POLITICS
Making Michael Gove Tory leader would hand Labour 18-point lead, poll finds

Ditching Boris Johnson as Tory leader and replacing him with Michael Gove would hand Labour an 18-point poll lead, a new survey has found.

Polling conducted by Opinium asked people how they would vote if different people led the Conservative party – and found there was no magic bullet to restoring lost support for the government.

As a baseline, Opinium gave Labour a 7-point lead over the Tories if no leader was named, with the gap widening to 12-points if Boris Johnson’s name was explicitly mentioned.

The polling found that replacing Mr Johnson with chancellor Rishi Sunak would have the most positive effect on Tory support, cutting the lead to just three points.

But other Tories polled even worse than Mr Johnson. Liz Truss, sometimes seen as a future leader, would give Labour a 16-point lead and swell support for Keir Starmer’s party to a massive 43 per cent.
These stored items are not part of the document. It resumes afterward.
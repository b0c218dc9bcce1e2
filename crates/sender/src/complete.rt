// Headers of complete EPs with little data.
ghost use Rattle.std.specs.Prelude.{◌≡◌, true, [], ◌∷◌, ◌*◌, ◌/◌, ◌%◌, ◌<◌};
ghost use Rattle.wire.specs.Wire.{word, header};
ghost use Rattle.sender.specs.Offering.{known};
ghost use Rattle.sender.specs.Steps.{first_word};

// The first word where the length is below 4,096: it says the content alone. Of an unknown content there is none.
pub fn first_word(content: u8) -> Option<u32>
    ensures { result ≡ first_word content }
{
    match content {
        1 => Some(0x040D99),
        2 => Some(0x0803DA),
        3 => Some(0x0C0E43),
        4 => Some(0x1007B4),
        5 => Some(0x140A2D),
        6 => Some(0x18046E),
        _ => None,
    }
}

// The same word's bytes as a number, the first one lowest: of these the compiler puts a header together in few steps.
fn first_bytes(content: u8) -> u32
    requires { known content ≡ true }
    ensures { result % 256 ∷ result / 256 % 256 ∷ result / 65536 % 256 ∷ [] ≡ word (content * 64) }
{
    match content {
        1 => 0x990D04,
        2 => 0xDA0308,
        3 => 0x430E0C,
        4 => 0xB40710,
        5 => 0x2D0A14,
        6 => 0x6E0418,
        // no other is known
        _ => 0,
    }
}

// The header of a complete EP with less than 4,096 bytes of data.
pub fn short_header(content: u8, size: usize) -> [u8; 6]
    requires { (known content ≡ true) × (size < 4096) }
    ensures { result ≡ header content 0 size }
{
    let a = first_bytes(content);
    let b = digits::digits_of::<3>(golay::encode(size as u16) as u64);
    [
        (a % 256) as u8,
        (a / 256 % 256) as u8,
        (a / 65536 % 256) as u8,
        b[0],
        b[1],
        b[2],
    ]
}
The foreign secretary has a reputation as an ardent free marketer and spent the last few years negotiating controversial trade deals, before being promoting to foreign secretary.
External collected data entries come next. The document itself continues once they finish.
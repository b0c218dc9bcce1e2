// A sender as eleven words that anyone may keep, and back. An array of words, since the C interface keeps a state as such.
ghost use Rattle.std.specs.Prelude.{◌≡◌, set};
ghost use Rattle.sender.specs.Answers.{given_by};
ghost use Rattle.sender.specs.Opening.{SoundAnswer};
ghost use Rattle.sender.specs.Words.{words_of, drawn_in, sound_setting, sound_ring, sound, of_words, OfItsWords};

use crate::{Refusal, Sender, Setting};
use queue::Ring;

#[tactic(auto, unfolding(crate::specs::Words::words_of))]
pub fn words_of(s: Sender) -> [u64; 11]
    ensures { result ≡ words_of s }
{
    [
        s.setting.payload as u64,
        s.setting.stream as u64,
        s.setting.piece as u64,
        s.setting.lowspace as u64,
        s.setting.space as u64,
        s.low.head as u64,
        s.low.len as u64,
        s.ordinary.head as u64,
        s.ordinary.len as u64,
        s.owed as u64,
        s.rest as u64,
    ]
}

// Puts what an ordinary offer changes of the words: the length of its ring. Apart from put_low, since a const for the place and a
// parameter for the ring would say less than this one line.
pub fn put_ordinary(w: &mut [u64; 11], s: Sender)
    ensures { w.new ≡ set w.old 8 s.ordinary.len }
{
    w[8] = s.ordinary.len as u64;
}

// Puts what a low-latency offer changes of them: the length of its ring.
pub fn put_low(w: &mut [u64; 11], s: Sender)
    ensures { w.new ≡ set w.old 6 s.low.len }
{
    w[6] = s.low.len as u64;
}

// Puts what a draw changes of them: all but the setting's.
pub fn put_drawn(w: &mut [u64; 11], s: Sender)
    ensures { w.new ≡ drawn_in w.old s }
{
    w[5] = s.low.head as u64;
    put_low(w, s);
    w[7] = s.ordinary.head as u64;
    put_ordinary(w, s);
    w[9] = s.owed as u64;
    w[10] = s.rest as u64;
}

#[tactic(auto, unfolding(crate::specs::Words::sound_setting))]
fn is_sound_setting(g: Setting) -> bool
    ensures { result ≡ sound_setting g }
{
    12 <= g.payload && g.payload <= 2047 && g.stream <= 15 && 1 <= g.piece && g.piece <= 65535
}

#[tactic(auto, unfolding(crate::specs::Words::sound_ring))]
fn is_sound_ring(q: Ring, space: usize) -> bool
    ensures { result ≡ sound_ring q space }
{
    space <= 1048576 && q.head <= space && q.len <= space
}

#[tactic(auto, unfolding(crate::specs::Words::sound))]
fn is_sound(setting: Setting, low: Ring, ordinary: Ring, owed: usize, rest: usize) -> bool
    ensures { result ≡ sound (record { setting = setting; low = low; ordinary = ordinary; owed = owed; rest = rest }) }
{
    is_sound_setting(setting)
        && is_sound_ring(low, setting.lowspace)
        && is_sound_ring(ordinary, setting.space)
        && owed <= 5
        && rest <= ordinary.len
}

// The sender whose words these are.
pub fn of_words(w: [u64; 11]) -> Result<Sender, Refusal>
    ensures result_value { given_by result ≡ of_words w }
    ensures sound_answer { SoundAnswer result }
    ensures of_its_words { OfItsWords w result }
{
    let setting = Setting {
        payload: w[0] as usize,
        stream: w[1] as usize,
        piece: w[2] as usize,
        lowspace: w[3] as usize,
        space: w[4] as usize,
    };
    let low = Ring {
        head: w[5] as usize,
        len: w[6] as usize,
    };
    let ordinary = Ring {
        head: w[7] as usize,
        len: w[8] as usize,
    };
    let owed = w[9] as usize;
    let rest = w[10] as usize;
    if !is_sound(setting, low, ordinary, owed, rest) {
        return Err(Refusal::Limits);
    }
    Ok(Sender {
        setting,
        low,
        ordinary,
        owed,
        rest,
    })
}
Making Michael Gove leader meanwhile would have the most negative effect on Tory numbers, cutting the governing party’s vote share down to 23 per cent, a full 18-points behind Labour.

Mr Gove was intensely unpopular as education secretary under the coalition government, and has since entered the public consciousness for his role in the Brexit campaign, as well as his historic use of drugs.

Recently he has focused on the environment and “levelling up” – activities which so far appear to have won him little love from the public.

There is some hope for the Tories, however, as hypothetical polling figures are notoriously unreliable, and represent a snap-shot of what voters believe they would do under circumstances that do not yet exist.

But they represent the baseline scenario for any future leader before they have laid out their stall.

The government has haemorrhaged support in recent months after high-profile rows over sleaze, corruption, and rule-breaking dominated the news agenda – taking Tory support consistently below its 40 per cent floor for the first time since the European Parliament elections.